When you think of all the different applications of rubber, a lot of things come to mind; tires, balloons, hoses and gloves to name a few. But the first use was 3,500 years ago by the Mesoamerican Olmecs (Rubber People in Aztec) and it was a rubber ball produced for a game. They were even using an early form of vulcanization to make them.
Rubber comes from a wide variety of plants (the Olmecs were using the Castilla Elastica Tree) but the Para Tree (Hevea Brasiliensis) of the Amazon basin is considered the best (it’s the easiest to cultivate) and produces most of the Natural Rubber in use today. And like many of the things from nature that we use (rubber trees have been around at least 3 million years) it took us awhile to discover it.

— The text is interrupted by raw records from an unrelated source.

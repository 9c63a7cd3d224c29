// Reads cases from standard input, each a gym file and the listings delivered for it, and prints
// what becomes of them. tests/trials/make writes the cases and, by a reference of its own, the
// output that is due.
#![tactic(auto)]

ghost use Rattle.std.specs.Prelude.{◌≤◌};

use accepting::{Verdict, accept};
use text_field::Refusal;

// The line above a case, four numbers of five digits, each followed by one byte: the title's
// length; how many bytes stay of the case before, and how many come after them; how many of them all
// are the file.
const HEAD: usize = 24;

fn digit(x: u8) -> usize
    ensures small { result ≤ 9 }
{
    match x {
        b'0'..=b'9' => usize::from(x - b'0'),
        _ => 0,
    }
}

// The bytes from one place up to another; none if these are not places of the text.
fn part(s: &[u8], from: usize, to: usize) -> &[u8] {
    if to < from || s.len() < to {
        return &s[..0];
    }
    &s[from..to]
}

// The number of five digits.
fn number(s: &[u8]) -> usize
    ensures small { result ≤ 99999 }
{
    if s.len() < 5 {
        return 0;
    }
    let high = digit(s[0]) * 10000 + digit(s[1]) * 1000 + digit(s[2]) * 100;
    high + digit(s[3]) * 10 + digit(s[4])
}

// The next n bytes of the input and the LF after them put at a place: was there room for them, and
// did all come?
fn read_part(space: &mut [u8], at: usize, n: usize) -> bool {
    if space.len() < at || space.len() - at <= n {
        return false;
    }
    io::read_full(0, &mut space[at..at + n + 1]) == n + 1
}

fn say(v: Result<Verdict, Refusal>) {
    match v {
        Ok(Verdict::Accepted) => {
            io::write_all(1, b"accepted\n");
        }
        Ok(Verdict::Wrong(i)) => {
            io::write_all(1, b"not accepted ");
            io::print_decimal(1, i as u64);
            io::write_all(1, b"\n");
        }
        Err(refusal) => {
            io::write_all(1, b"refused ");
            io::print_decimal(1, refusal.number());
            io::write_all(1, b"\n");
        }
    }
}

// The title and the bytes of a case; the bytes go after those that stay of the case before.
fn one_case(line: &[u8], space: &mut [u8]) -> bool {
    let width = number(part(line, 0, 5));
    let keep = number(part(line, 6, 11));
    let more = number(part(line, 12, 17));
    let text = number(part(line, 18, 23));
    let mut title = [0u8; 256];
    if !read_part(&mut title, 0, width) {
        return false;
    }
    if !read_part(space, keep, more) {
        return false;
    }
    io::write_all(1, part(&title, 0, width));
    io::write_all(1, b": ");
    say(accept(part(space, 0, text), part(space, text, keep + more)));
    true
}

// The next case of the input, if there is one.
fn next_case(space: &mut [u8]) -> bool {
    let mut line = [0u8; HEAD];
    if io::read_full(0, &mut line) < HEAD {
        return false;
    }
    one_case(&line, space)
}

// Nothing says that the input ends, so the loop counts its turns, up to a number that no run uses up.
fn cases(space: &mut [u8]) {
    for _ in 0..u64::MAX {
        if !next_case(space) {
            return;
        }
    }
}

fn main() {
    let mut space = io::large_buffer();
    cases(&mut space);
}
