// Accounts: what a pool or session has, as a row of plain numbers that is settled, charged and re-marked in place.
#![tactic(auto)]

pub mod laws;
pub mod row;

Rubber is harvested by hand during the night or early morning. There are three layers to the rubber tree, the bark the cambium and the wood. First you make an incision (delicately and on alternate days) in the bark, making sure not to touch the cambium. This is done in order to preserve the tree, the bark is being tapped in order to let the latex drip out and if done correctly the tree will produce latex for up to five years. Then you switch to the other side of the tree and let the first side heal.
In the 18th century when Rubber was first introduced to Europeans its’ unique properties (elasticity, tensile strength, adhesiveness, water resistance) were noted and they began finding uses for it. The Englishman Joseph Priestly observed that it was very good at rubbing out pencil smudges on paper, and the name rubber stuck. And when the American Charles Goodyear invented Vulcanization (which made rubber much stronger) the English started thinking about how to cultivate it.
Rubber grows in areas that are warm and have plentiful rainfall and the English had abundant provinces in their Empire where they knew it would do well. There was only one problem; seeds weren’t allowed to leave Brazil under penalty of death; so that the Brazilians could maintain their monopoly. However you don’t build an Empire by following the rules or being polite. So in short order the seeds were smuggled, sprouted and shipped off to India, Sri Lanka, Singapore and Malaysia. Where the English plantations were swiftly, able to supplant the Brazilians as the top producers of rubber in the world.
Everything amped up even further with the advent of the automobile, and its’ voracious appetite for rubber. Tires (the first ones were solid rubber) hoses and belts are but a few of the myriad applications. Rubber’s water repellant nature made it perfect for covering the growing miles of electric wires and of course rain gear. In England rubbers are what they call erasers and rain shoes. A vastly different usage of the word than here in America.
In the 1930’s the Japanese (taking a page from the British Empire) began expanding their holdings throughout Asia and the Pacific Ocean. Well aware that 90% of all rubber originated in this area, many countries began looking for a synthetic form. With Pearl Harbor the Japanese swept through the region (oops there goes another rubber tree plantation, oops...) preventing the West from acquiring natural rubber.
Luckily a synthetic had been discovered (ironically by the Germans) derived from oil. The U. S. was able to keep up with the war effort (a Sherman Tank needed a half ton of rubber) because we had oil. Whereas the Nazis had trouble (they even tried using latex from dandelions) because they lacked oil as well as rubber. We won the war and synthetic rubber overtook natural rubber as the preferred kind in use. Today it makes up about 70% of the rubber in production. But as the price of oil rises (not to mention ecological concerns) natural rubber may be poised for a comeback.